Meredith attended Princeton University (A.B., 1940), where he first began to write poetry. After a short stint as a reporter for the New York Times, he joined the army and during World War II was a pilot with the U.S. Navy; he also served (1952–54) in the Korean War. In the mid-1940s Meredith embarked on a teaching career, holding posts at Princeton and the University of Hawaii. In 1955 he joined the faculty of Connecticut College, where he taught until 1983, when he suffered a severe stroke that affected not only his ability to speak but also his ability to use language. From 1978 to 1980 he was the poetry consultant to the Library of Congress (now the poet laureate consultant in poetry).

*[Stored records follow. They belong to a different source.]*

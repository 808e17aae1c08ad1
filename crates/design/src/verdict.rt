// The judging step: questions 8 to 14 of families that are closed, in turn, and what is written.
ghost use Rattle.std.specs.Prelude.{◌≡◌, IfSome, ◌≤◌, ◌<◌, length};
ghost use Rattle.rules.specs.Limits.{most_plots, family_bytes};
ghost use Rattle.rules.specs.Factor.{uniform, orthogonal};
ghost use Rattle.rules.specs.Family.{members_of};
ghost use Rattle.rules.specs.Design.{refused, question8, question9, first_failing, question11, question12, question13, first_pair, first_cross, treatment_buffer};
ghost use Rattle.refusal.specs.Numbers.{number_of};
ghost use Rattle.design.specs.Judging.{MarksTell, Judging};
ghost use Rattle.design.specs.Closings.{closed_in, Ready};
ghost use Rattle.design.specs.Treatments.{Numbered};
ghost use Rattle.design.specs.Answers.{plot_numbers, plot_numbers_of, full_numbers, full_numbers_of, full_refusing};

use crate::closed::ClosedFamily;
use crate::closing::PAIRS;
use crate::crossing::{Crossed, Suprema, cross};
use crate::questions::{Places, first_apart, first_unequal};
use crate::sorting::{sort, write};
use crate::{FullRefusal, PlotRefusal, Sizes};
use limits::{FAMILY, MEMBERS};
use refusal::Refusal;

// A refusal that writes nothing.
pub fn refused(question: Refusal) -> Result<usize, PlotRefusal>
    ensures { plot_numbers result ≡ plot_numbers_of (refused (number_of question)) }
{
    Err(PlotRefusal {
        question,
        first: 0,
        second: 0,
        size: 0,
    })
}

// A refusal that writes nothing.
pub fn full_refused(question: Refusal) -> Result<Sizes, FullRefusal>
    ensures { full_numbers result ≡ full_numbers_of (refused (number_of question)) }
{
    Err(FullRefusal {
        question,
        first: 0,
        second: 0,
        plot: 0,
        treatment: 0,
    })
}

// Questions 8 to 10 of a closed plot family.
pub fn judge_plots(
    plot: &[u8],
    closed: Option<ClosedFamily>,
    marks: &[u8; PAIRS],
    n: usize,
) -> Result<usize, PlotRefusal>
    requires { Ready n plot.now marks.now closed }
    ensures { plot_numbers result ≡ plot_numbers_of (question8 n (closed_in n plot.now closed)) }
{
    let Some(closed) = closed else {
        return refused(Refusal::PlotFamilySize);
    };
    from_9(&closed.order, marks, n, closed.size, plot)
}

// Questions 9 and 10 of a family that is written.
fn from_9(
    order: &[u8; MEMBERS],
    marks: &[u8; PAIRS],
    n: usize,
    size: usize,
    family: &[u8],
) -> Result<usize, PlotRefusal>
    requires { Judging n size family.now order.now marks.now }
    ensures { plot_numbers result ≡ plot_numbers_of (question9 n (members_of n family.now size) (first_failing (uniform n) 1 (members_of n family.now size))) }
{
    if let Some(unequal) = first_unequal(family, n, size) {
        return Err(PlotRefusal {
            question: Refusal::ClassSizes,
            first: unequal,
            second: 0,
            size,
        });
    }
    let apart = first_apart(order, marks, size);
    let first = apart.first;
    if first != 0 {
        return Err(PlotRefusal {
            question: Refusal::PlotPair,
            first,
            second: apart.second,
            size,
        });
    }
    Ok(size)
}

// A refusal by 11 to 14, with the sizes of the families written.
fn treatments_refused(
    question: Refusal,
    i: usize,
    j: usize,
    plot: usize,
    treatment: usize,
) -> Result<Sizes, FullRefusal>
    ensures { full_numbers result ≡ full_refusing (number_of question) i j plot treatment }
{
    Err(FullRefusal {
        question,
        first: i,
        second: j,
        plot,
        treatment,
    })
}

// Questions 11 to 14, with the plot family accepted. The treatment buffer has the first family, which stays there unless all are
// passed: then the final one is written over it.
pub fn judge_treatments(
    plot_family: &[u8],
    plot: usize,
    closed: Option<ClosedFamily>,
    marks: &[u8; PAIRS],
    n: usize,
    treatment_family: &mut [u8],
) -> Result<Sizes, FullRefusal>
    requires { (1 ≤ n) × (n ≤ most_plots) × Numbered n plot_family.now plot × IfSome closed (λ c. Numbered n treatment_family.old c.size × MarksTell (orthogonal n) (members_of n treatment_family.old c.size) c.order marks.now c.size) }
    ensures answer { full_numbers result ≡ full_numbers_of (question11 n (members_of n plot_family.now plot) (closed_in n treatment_family.old closed)) }
    ensures buffer { treatment_family.new ≡ treatment_buffer treatment_family.old (question11 n (members_of n plot_family.now plot) (closed_in n treatment_family.old closed)) }
{
    let Some(closed) = closed else {
        return treatments_refused(Refusal::TreatmentFamilySize, 0, 0, plot, 0);
    };
    let size = closed.size;
    let pair = first_apart(&closed.order, marks, size);
    from_12(plot_family, plot, pair, size, n, treatment_family)
}

// Questions 12 to 14, with the first pair of treatment members that are not orthogonal.
fn from_12(
    plot_family: &[u8],
    plot: usize,
    pair: Places,
    size: usize,
    n: usize,
    treatment_family: &mut [u8],
) -> Result<Sizes, FullRefusal>
    requires { (1 ≤ n) × (n ≤ most_plots) × Numbered n plot_family.now plot × Numbered n treatment_family.old size × (pair.first ≡ (first_pair (orthogonal n) 1 (members_of n treatment_family.old size)).first) × (pair.second ≡ (first_pair (orthogonal n) 1 (members_of n treatment_family.old size)).second) }
    ensures answer { full_numbers result ≡ full_numbers_of (question12 n (members_of n plot_family.now plot) (members_of n treatment_family.old size) (first_pair (orthogonal n) 1 (members_of n treatment_family.old size))) }
    ensures buffer { treatment_family.new ≡ treatment_buffer treatment_family.old (question12 n (members_of n plot_family.now plot) (members_of n treatment_family.old size) (first_pair (orthogonal n) 1 (members_of n treatment_family.old size))) }
{
    let at = pair.first;
    if at != 0 {
        return treatments_refused(Refusal::TreatmentPair, at, pair.second, plot, size);
    }
    from_13(plot_family, plot, size, n, treatment_family)
}

// Questions 13 and 14.
fn from_13(
    plot_family: &[u8],
    plot: usize,
    size: usize,
    n: usize,
    treatment_family: &mut [u8],
) -> Result<Sizes, FullRefusal>
    requires { (1 ≤ n) × (n ≤ most_plots) × Numbered n plot_family.now plot × Numbered n treatment_family.old size }
    ensures answer { full_numbers result ≡ full_numbers_of (question13 (members_of n plot_family.now plot) (members_of n treatment_family.old size) (first_cross (orthogonal n) 1 (members_of n plot_family.now plot) (members_of n treatment_family.old size))) }
    ensures buffer { treatment_family.new ≡ treatment_buffer treatment_family.old (question13 (members_of n plot_family.now plot) (members_of n treatment_family.old size) (first_cross (orthogonal n) 1 (members_of n plot_family.now plot) (members_of n treatment_family.old size))) }
{
    let mut found = Suprema {
        bytes: [0; FAMILY],
        counts: [0; MEMBERS],
        size: 0,
        over: false,
    };
    match cross(plot_family, plot, treatment_family, size, n, &mut found) {
        Err(Crossed::Apart(pair)) => {
            treatments_refused(Refusal::CrossedPair, pair.first, pair.second, plot, size)
        }
        Err(Crossed::TooMany) => treatments_refused(Refusal::FinalFamilySize, 0, 0, plot, size),
        Ok(()) => {
            let order = sort(&found.bytes, &found.counts, n, found.size);
            write(&found.bytes, &order, n, found.size, treatment_family);
            Ok(Sizes {
                plot,
                treatment: found.size,
            })
        }
    }
}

Meredith’s first collection, Love Letter from an Impossible Land (1944), drew praise for its eloquence and honesty. Ships and Other Figures (1948) was based on his experiences in the navy, and several of Meredith’s later works, such as The Open Sea, and Other Poems (1958) and The Wreck of the Thresher, and Other Poems (1964), also deal with nautical themes and use the sea as a metaphor. Partial Accounts: New and Selected Poems (1987) was awarded a Pulitzer Prize, and Effort at Speech: New and Selected Poems (1997) received a National Book Award. His prose works include two lectures he delivered as poetry consultant, published as Reasons for Poetry & The Reason for Criticism (1982), and Poems Are Hard to Read (1991). He translated poetry by Guillaume Apollinaire in Alcools: Poems, 1878–1913 (1964), and he contributed, with Richard Harteis, to The White Island (1998–2000), a bilingual collection of English and Bulgarian poetry.